Data records Start Marker

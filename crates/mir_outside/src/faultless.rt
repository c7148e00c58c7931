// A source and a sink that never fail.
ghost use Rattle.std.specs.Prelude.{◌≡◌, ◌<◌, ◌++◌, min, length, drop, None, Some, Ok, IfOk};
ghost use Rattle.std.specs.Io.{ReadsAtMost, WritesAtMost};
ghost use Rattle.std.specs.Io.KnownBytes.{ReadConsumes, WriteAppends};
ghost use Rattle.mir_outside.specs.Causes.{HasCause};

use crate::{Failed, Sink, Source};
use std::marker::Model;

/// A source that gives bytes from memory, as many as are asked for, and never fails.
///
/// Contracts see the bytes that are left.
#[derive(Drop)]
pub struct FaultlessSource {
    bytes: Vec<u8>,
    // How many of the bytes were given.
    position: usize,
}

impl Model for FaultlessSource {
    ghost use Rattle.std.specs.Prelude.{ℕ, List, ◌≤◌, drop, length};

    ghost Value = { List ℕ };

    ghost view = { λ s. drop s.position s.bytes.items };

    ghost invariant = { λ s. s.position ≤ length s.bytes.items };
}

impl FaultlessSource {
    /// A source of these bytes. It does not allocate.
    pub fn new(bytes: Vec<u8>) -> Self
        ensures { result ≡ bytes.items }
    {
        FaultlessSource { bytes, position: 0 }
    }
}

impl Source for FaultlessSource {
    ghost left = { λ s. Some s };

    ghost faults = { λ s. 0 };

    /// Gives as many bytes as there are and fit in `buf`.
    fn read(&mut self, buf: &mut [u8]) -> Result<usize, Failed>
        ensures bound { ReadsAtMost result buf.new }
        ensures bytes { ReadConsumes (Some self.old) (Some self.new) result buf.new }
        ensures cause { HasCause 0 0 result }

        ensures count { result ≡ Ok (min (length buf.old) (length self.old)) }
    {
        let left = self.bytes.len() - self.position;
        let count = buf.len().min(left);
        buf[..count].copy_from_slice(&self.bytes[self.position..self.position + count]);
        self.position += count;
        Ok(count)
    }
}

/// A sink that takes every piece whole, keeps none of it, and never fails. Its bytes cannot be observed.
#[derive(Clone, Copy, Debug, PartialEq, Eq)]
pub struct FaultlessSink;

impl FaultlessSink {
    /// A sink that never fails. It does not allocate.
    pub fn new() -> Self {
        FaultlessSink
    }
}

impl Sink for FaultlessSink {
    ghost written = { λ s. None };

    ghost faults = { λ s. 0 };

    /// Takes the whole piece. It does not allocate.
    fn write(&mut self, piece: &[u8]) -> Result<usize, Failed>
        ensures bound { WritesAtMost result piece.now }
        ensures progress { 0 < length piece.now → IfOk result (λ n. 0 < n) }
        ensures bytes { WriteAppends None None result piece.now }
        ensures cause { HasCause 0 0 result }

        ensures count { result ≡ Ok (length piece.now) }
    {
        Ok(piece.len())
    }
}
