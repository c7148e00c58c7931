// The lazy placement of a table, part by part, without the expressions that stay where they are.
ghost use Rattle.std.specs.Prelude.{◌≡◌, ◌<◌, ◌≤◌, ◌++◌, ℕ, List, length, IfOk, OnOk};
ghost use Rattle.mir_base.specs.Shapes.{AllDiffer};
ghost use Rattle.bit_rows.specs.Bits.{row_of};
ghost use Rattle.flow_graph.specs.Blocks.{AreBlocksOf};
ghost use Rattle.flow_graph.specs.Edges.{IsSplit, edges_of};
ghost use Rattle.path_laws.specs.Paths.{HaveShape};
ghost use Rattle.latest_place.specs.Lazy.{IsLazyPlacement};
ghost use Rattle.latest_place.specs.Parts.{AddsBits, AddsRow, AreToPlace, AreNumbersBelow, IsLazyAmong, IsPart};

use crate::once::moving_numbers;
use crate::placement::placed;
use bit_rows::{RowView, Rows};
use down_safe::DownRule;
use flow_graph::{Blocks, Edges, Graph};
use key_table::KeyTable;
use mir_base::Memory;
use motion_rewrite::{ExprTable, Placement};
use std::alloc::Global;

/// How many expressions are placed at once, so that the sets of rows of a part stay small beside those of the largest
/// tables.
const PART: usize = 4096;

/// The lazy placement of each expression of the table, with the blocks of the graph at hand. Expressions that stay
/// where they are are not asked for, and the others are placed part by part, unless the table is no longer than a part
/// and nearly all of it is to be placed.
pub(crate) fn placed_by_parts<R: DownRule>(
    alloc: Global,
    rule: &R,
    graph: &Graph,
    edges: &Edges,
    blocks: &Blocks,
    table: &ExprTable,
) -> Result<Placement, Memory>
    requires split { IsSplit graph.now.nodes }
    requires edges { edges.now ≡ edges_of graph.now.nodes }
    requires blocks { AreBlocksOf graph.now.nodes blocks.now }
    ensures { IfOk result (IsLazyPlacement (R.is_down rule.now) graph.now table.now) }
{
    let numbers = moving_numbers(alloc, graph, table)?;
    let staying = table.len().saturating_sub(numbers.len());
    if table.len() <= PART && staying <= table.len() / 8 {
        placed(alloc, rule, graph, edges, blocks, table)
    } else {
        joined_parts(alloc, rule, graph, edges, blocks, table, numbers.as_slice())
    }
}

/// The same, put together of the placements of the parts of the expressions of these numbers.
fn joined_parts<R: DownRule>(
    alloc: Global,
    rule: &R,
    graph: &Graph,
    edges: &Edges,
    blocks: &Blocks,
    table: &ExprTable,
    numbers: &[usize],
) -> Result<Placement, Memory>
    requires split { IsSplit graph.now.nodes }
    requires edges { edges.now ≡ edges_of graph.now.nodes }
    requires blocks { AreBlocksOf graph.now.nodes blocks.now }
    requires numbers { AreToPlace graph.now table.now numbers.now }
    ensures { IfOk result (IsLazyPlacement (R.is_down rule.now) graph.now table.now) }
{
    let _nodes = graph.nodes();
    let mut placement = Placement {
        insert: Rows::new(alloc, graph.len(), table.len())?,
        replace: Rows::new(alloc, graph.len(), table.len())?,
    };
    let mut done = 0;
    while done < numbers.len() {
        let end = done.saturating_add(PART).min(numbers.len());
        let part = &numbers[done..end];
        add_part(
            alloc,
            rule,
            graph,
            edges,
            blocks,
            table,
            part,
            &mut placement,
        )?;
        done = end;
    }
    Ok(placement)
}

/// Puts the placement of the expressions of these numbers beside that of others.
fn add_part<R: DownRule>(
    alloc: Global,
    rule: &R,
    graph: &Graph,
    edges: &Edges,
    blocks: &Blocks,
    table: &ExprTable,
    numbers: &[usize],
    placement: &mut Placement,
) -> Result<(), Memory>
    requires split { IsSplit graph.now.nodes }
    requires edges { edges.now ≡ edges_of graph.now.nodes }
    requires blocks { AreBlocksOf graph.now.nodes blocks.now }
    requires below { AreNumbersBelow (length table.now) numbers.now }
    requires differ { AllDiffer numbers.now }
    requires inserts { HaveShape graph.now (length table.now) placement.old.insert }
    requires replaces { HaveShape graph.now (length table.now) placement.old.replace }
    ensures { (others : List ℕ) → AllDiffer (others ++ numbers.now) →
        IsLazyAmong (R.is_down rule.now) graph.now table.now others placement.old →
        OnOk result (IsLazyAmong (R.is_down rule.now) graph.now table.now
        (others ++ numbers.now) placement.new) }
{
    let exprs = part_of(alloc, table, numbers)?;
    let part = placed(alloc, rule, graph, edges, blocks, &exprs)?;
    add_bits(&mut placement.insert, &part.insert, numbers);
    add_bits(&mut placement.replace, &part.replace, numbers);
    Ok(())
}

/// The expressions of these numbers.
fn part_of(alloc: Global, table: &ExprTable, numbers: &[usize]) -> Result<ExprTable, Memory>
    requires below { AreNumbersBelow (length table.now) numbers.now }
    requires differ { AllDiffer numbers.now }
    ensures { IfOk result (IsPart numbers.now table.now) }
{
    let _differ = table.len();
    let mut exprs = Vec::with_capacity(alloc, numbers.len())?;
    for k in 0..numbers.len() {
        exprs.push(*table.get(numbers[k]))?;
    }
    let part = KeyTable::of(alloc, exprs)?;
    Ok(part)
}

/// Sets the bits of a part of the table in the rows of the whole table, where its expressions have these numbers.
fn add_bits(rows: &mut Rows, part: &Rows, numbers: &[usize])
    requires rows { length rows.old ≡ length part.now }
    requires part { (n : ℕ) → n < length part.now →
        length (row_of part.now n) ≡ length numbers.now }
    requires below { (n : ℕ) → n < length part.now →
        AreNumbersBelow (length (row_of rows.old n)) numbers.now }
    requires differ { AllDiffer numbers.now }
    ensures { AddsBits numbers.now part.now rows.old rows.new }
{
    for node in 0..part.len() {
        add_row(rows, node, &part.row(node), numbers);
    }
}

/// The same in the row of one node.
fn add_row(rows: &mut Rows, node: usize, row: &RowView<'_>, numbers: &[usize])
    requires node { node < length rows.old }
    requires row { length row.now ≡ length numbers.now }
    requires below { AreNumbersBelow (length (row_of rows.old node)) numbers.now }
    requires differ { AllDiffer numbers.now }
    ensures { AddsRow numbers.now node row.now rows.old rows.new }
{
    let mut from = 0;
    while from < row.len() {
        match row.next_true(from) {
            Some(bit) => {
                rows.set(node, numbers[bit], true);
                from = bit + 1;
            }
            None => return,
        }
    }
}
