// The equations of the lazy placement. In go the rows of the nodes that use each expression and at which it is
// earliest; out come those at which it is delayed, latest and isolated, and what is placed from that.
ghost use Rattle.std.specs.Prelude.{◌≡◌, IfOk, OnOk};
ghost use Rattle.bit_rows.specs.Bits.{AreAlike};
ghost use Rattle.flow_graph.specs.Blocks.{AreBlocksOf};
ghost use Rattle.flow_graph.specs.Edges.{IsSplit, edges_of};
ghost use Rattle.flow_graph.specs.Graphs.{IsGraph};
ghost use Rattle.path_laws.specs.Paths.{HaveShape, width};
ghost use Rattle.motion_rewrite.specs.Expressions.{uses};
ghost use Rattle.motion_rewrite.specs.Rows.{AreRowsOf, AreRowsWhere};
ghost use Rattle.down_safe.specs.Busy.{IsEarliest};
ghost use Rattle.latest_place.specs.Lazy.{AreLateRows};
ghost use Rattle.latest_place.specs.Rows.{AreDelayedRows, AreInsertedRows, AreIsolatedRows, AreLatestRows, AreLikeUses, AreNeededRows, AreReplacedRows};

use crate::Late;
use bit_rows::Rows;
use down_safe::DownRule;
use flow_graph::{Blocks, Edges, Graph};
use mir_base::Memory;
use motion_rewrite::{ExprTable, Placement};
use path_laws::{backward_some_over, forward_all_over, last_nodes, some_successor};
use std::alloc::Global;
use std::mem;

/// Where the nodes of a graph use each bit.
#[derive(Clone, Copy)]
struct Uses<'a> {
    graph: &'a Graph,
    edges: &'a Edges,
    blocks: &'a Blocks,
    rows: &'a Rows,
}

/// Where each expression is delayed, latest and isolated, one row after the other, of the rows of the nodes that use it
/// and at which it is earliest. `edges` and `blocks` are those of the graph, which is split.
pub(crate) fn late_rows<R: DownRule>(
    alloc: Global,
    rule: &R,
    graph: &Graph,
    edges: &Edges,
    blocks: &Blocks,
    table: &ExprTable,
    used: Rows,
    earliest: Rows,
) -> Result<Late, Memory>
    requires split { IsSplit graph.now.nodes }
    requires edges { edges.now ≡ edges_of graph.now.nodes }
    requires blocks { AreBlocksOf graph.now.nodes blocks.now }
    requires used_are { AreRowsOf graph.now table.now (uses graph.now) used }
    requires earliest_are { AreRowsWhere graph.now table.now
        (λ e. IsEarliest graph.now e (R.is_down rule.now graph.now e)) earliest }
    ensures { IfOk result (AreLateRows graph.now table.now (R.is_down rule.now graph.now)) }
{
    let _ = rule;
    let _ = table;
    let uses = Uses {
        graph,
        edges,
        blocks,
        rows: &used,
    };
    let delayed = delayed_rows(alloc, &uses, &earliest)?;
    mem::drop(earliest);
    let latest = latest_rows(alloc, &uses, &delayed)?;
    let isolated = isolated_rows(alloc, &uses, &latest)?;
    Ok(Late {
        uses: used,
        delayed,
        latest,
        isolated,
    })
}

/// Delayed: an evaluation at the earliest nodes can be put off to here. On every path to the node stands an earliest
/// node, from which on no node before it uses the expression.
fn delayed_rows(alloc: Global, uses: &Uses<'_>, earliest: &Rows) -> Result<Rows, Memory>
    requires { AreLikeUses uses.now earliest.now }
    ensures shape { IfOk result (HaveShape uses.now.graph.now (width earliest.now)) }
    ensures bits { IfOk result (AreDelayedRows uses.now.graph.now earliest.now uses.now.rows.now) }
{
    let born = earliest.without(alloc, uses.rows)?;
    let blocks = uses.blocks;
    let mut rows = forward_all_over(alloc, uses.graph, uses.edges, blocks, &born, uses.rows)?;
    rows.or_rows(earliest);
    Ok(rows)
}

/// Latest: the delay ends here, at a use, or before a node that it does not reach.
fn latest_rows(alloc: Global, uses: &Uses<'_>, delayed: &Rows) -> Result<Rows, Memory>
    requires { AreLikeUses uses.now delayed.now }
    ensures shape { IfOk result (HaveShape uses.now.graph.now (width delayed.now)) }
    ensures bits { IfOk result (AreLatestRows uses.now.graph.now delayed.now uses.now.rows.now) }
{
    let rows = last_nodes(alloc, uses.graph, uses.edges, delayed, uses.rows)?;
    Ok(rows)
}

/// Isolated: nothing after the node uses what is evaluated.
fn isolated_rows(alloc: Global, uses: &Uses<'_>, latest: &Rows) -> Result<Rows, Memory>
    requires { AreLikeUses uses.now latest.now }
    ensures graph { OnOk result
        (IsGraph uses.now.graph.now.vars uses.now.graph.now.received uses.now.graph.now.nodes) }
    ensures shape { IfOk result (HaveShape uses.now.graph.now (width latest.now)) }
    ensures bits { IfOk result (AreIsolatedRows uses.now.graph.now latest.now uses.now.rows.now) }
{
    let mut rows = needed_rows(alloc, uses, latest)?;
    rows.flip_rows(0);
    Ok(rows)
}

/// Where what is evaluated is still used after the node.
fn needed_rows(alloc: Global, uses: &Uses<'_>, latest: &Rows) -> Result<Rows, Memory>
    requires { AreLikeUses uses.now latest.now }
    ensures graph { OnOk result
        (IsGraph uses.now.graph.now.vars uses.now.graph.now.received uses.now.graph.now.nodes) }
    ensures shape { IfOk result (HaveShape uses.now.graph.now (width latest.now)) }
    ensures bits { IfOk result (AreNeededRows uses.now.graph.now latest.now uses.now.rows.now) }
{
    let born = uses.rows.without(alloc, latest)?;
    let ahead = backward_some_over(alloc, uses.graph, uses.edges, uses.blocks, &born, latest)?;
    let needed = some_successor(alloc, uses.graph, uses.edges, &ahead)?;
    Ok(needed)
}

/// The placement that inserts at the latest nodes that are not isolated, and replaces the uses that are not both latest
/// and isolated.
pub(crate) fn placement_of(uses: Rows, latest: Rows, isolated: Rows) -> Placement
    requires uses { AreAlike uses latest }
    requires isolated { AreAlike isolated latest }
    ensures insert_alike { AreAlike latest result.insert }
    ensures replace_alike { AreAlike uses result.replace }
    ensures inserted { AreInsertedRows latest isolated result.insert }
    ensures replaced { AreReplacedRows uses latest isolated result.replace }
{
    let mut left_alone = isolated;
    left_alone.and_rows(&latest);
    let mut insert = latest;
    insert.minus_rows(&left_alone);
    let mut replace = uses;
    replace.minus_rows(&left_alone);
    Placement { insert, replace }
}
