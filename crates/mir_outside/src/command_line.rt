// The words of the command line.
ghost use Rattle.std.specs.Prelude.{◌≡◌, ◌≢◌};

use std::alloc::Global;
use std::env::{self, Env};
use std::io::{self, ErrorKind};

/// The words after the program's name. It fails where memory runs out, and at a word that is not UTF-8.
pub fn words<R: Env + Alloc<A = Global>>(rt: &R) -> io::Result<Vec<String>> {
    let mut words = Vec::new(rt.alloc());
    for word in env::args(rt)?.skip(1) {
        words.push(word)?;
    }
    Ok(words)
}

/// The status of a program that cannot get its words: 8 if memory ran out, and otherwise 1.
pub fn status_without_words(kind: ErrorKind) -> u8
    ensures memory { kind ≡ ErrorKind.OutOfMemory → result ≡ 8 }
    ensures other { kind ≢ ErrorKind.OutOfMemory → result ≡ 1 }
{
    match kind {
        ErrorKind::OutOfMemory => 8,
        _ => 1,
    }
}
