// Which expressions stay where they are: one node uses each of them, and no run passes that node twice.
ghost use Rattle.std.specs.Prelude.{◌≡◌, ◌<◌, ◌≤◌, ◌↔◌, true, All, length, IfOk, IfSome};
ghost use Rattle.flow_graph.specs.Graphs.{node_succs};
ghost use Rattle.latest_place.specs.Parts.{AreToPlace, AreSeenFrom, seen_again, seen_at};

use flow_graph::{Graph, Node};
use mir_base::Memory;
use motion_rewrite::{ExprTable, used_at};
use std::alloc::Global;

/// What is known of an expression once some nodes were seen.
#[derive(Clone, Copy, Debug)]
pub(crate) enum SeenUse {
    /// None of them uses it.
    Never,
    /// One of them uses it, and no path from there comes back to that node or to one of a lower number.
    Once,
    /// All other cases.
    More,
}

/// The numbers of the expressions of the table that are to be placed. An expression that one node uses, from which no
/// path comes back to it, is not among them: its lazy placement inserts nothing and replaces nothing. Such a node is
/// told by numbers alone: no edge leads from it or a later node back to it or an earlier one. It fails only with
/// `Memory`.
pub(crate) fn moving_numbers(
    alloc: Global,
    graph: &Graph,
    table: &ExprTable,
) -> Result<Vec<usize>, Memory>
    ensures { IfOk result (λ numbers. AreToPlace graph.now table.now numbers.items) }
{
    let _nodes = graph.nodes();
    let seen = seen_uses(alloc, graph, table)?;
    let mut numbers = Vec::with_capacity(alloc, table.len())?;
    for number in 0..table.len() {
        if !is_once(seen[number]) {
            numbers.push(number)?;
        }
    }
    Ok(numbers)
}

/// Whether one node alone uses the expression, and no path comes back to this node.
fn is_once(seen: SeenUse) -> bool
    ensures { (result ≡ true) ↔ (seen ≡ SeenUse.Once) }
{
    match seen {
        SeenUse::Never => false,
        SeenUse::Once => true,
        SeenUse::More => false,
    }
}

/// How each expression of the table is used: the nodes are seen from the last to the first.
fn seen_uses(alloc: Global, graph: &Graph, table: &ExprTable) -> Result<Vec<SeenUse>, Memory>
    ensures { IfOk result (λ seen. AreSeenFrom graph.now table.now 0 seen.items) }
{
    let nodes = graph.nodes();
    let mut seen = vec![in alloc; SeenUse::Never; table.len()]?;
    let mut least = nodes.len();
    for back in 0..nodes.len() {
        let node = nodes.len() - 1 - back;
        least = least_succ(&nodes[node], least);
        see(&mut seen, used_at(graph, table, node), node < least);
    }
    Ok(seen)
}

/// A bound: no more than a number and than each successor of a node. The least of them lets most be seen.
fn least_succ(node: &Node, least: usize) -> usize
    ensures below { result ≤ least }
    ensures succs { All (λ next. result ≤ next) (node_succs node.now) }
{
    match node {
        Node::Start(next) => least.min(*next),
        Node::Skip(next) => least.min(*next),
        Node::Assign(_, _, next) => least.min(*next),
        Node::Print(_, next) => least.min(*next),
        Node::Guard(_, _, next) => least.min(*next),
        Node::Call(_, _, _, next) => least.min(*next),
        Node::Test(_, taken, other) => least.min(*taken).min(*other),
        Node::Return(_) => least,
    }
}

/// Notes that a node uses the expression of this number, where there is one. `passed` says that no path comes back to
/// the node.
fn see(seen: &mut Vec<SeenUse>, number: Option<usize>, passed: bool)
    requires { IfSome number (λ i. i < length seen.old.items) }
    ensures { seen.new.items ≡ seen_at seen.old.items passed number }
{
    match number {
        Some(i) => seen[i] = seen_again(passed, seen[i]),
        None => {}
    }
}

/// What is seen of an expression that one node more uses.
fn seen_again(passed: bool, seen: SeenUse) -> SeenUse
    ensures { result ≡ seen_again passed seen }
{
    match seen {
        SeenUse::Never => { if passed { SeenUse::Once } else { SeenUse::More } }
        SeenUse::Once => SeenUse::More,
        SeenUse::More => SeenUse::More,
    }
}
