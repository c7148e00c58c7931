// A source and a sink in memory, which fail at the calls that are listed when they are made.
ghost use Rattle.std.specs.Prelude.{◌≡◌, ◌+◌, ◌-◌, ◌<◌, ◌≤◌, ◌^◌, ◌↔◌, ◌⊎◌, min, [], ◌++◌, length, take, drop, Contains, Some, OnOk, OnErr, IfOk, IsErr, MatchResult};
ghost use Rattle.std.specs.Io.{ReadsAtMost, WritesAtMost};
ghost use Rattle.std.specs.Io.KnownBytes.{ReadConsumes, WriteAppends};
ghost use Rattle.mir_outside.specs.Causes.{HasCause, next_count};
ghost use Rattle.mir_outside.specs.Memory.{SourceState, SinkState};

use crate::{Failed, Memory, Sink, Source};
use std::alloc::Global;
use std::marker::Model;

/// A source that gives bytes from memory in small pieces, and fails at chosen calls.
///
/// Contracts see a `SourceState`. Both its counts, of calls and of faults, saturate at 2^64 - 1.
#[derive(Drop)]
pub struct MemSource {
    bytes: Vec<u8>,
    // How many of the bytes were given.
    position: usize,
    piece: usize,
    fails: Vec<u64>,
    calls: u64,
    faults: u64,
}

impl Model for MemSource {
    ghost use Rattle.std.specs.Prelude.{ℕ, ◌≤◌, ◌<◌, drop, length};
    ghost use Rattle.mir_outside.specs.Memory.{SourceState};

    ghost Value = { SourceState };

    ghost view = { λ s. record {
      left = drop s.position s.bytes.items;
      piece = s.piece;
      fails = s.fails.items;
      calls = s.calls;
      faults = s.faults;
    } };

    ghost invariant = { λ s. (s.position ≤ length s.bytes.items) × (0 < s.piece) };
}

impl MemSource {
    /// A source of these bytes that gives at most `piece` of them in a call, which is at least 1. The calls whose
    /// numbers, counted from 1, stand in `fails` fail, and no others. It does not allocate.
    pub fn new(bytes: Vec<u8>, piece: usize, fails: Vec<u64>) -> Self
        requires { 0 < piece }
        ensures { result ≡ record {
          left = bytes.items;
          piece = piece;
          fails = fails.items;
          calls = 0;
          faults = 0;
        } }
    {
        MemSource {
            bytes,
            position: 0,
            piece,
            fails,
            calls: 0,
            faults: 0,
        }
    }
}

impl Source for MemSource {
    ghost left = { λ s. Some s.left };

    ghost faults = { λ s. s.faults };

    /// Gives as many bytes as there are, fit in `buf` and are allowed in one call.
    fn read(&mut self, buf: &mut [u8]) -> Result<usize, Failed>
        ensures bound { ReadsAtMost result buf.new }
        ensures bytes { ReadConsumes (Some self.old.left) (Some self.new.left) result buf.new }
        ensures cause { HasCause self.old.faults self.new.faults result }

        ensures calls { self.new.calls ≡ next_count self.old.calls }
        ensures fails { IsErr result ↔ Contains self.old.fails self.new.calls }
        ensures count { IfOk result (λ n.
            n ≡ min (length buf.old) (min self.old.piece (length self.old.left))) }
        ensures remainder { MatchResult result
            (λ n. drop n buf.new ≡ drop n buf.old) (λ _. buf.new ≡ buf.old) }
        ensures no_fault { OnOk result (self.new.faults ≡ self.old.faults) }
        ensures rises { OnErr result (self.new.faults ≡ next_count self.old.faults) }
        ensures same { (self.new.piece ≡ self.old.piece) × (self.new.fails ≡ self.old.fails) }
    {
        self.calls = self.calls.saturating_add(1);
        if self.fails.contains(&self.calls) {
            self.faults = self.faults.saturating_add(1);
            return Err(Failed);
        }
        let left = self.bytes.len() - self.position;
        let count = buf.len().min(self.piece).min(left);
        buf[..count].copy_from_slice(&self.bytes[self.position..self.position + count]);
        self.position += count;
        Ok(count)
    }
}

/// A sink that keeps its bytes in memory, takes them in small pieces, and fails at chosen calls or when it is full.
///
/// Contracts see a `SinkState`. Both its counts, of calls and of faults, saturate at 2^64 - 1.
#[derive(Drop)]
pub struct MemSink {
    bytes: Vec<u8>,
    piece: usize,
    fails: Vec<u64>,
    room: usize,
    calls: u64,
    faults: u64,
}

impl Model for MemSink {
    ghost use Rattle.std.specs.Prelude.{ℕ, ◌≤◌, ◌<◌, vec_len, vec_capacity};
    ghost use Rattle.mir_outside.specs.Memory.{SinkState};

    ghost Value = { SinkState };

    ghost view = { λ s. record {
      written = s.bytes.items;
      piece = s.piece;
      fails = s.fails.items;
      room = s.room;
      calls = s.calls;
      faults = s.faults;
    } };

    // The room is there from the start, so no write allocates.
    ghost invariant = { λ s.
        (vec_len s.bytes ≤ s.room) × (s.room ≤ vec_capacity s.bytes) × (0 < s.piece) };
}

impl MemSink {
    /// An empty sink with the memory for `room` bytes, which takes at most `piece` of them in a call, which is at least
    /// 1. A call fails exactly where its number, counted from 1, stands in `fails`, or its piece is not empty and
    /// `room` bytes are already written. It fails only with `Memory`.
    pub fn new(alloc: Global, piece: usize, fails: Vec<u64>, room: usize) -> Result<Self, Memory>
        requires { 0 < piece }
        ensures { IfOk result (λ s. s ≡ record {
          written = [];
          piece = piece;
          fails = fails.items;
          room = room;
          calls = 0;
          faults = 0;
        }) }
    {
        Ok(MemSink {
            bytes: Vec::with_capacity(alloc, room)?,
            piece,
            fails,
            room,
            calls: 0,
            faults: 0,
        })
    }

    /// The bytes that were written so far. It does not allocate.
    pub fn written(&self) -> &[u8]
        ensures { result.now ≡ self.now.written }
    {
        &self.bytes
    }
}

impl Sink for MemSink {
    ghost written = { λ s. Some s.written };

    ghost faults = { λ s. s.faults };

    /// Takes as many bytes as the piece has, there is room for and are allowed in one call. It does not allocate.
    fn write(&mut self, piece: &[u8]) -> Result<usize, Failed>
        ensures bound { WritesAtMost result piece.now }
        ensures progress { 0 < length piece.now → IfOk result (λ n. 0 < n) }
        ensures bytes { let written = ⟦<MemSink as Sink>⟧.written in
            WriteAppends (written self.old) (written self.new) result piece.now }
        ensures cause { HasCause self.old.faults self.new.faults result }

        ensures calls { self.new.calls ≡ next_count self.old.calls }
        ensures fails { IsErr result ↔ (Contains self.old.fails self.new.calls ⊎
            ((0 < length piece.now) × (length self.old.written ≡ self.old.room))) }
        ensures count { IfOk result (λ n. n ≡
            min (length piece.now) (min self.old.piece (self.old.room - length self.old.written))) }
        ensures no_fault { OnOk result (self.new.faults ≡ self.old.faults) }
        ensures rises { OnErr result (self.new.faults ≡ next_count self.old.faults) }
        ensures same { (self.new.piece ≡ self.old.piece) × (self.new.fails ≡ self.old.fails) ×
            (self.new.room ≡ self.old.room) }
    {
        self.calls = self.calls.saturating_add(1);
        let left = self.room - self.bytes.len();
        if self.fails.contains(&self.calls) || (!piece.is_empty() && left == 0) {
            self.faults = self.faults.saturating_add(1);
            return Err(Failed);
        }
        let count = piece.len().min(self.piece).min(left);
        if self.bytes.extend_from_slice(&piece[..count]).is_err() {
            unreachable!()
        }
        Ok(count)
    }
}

Data records End Marker

Directions for this task =
How many lines of the listing include the string "born"? Give only the number.

Completed task =
4